• Source information
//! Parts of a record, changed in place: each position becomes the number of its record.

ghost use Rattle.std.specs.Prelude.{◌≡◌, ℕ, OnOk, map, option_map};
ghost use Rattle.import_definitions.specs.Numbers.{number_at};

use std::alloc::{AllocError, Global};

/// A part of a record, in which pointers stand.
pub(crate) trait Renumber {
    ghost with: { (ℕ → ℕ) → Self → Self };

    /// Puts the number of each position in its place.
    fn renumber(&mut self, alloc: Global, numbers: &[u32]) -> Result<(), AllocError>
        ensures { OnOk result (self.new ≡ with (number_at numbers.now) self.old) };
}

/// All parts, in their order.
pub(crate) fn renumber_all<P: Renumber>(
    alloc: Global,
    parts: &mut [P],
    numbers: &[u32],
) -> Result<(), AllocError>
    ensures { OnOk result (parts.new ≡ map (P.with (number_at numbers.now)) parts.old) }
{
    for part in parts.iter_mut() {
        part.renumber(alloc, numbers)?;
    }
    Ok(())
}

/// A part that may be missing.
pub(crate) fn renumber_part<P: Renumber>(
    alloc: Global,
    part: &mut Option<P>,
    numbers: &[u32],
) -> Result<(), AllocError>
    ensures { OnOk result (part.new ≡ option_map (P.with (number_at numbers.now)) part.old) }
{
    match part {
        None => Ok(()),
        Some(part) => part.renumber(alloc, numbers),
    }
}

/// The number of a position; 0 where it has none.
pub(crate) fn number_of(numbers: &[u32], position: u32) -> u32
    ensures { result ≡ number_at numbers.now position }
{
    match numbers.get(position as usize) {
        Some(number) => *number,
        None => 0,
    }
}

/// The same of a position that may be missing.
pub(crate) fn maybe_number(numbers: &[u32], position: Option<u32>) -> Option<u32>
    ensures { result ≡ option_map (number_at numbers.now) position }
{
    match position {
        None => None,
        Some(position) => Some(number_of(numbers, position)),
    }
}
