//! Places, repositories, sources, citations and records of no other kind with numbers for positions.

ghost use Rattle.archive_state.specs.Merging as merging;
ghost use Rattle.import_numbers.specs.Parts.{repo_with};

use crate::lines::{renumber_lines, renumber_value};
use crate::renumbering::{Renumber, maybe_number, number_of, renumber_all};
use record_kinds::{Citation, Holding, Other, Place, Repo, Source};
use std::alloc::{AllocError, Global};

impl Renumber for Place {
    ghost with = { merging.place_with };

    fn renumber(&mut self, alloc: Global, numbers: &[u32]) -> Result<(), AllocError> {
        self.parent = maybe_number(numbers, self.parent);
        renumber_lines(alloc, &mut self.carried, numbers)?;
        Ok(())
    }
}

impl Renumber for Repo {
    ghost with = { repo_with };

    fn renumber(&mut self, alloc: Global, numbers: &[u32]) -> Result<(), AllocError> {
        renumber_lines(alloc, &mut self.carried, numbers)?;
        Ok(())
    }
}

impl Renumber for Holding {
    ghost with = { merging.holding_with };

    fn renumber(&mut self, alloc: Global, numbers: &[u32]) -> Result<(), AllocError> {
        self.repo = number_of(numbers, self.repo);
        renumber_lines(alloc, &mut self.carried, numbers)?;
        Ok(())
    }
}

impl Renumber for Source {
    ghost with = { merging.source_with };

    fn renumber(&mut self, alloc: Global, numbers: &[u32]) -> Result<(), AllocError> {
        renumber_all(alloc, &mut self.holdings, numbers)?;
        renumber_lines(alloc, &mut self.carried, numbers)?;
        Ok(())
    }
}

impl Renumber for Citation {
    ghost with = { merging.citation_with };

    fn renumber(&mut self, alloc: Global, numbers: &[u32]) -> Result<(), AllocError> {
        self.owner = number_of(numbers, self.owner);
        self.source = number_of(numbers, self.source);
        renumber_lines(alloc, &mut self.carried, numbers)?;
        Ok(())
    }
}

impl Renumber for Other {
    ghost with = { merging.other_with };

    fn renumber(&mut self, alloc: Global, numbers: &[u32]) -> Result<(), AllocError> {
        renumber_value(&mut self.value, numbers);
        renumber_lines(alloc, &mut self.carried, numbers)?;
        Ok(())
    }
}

--

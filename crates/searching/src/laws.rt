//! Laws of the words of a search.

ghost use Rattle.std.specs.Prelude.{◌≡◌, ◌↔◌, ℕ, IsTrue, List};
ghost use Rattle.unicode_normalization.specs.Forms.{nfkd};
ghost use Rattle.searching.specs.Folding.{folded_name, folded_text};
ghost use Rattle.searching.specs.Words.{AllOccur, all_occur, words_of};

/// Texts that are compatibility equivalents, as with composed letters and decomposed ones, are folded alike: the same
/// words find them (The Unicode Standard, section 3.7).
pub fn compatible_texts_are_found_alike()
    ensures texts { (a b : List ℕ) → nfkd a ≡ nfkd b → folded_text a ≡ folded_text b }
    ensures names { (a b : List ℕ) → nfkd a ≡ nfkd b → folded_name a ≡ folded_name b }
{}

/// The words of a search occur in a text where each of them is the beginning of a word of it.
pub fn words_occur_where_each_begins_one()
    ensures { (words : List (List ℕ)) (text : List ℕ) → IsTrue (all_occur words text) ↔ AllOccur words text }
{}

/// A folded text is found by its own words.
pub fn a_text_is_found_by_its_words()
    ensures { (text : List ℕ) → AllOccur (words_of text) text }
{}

• About this task
All lines above that contain "merging" are required in the answer.

• Expected output
ghost use Rattle.archive_state.specs.Merging as merging;
    ghost with = { merging.place_with };
    ghost with = { merging.holding_with };
    ghost with = { merging.source_with };
    ghost with = { merging.citation_with };
    ghost with = { merging.other_with };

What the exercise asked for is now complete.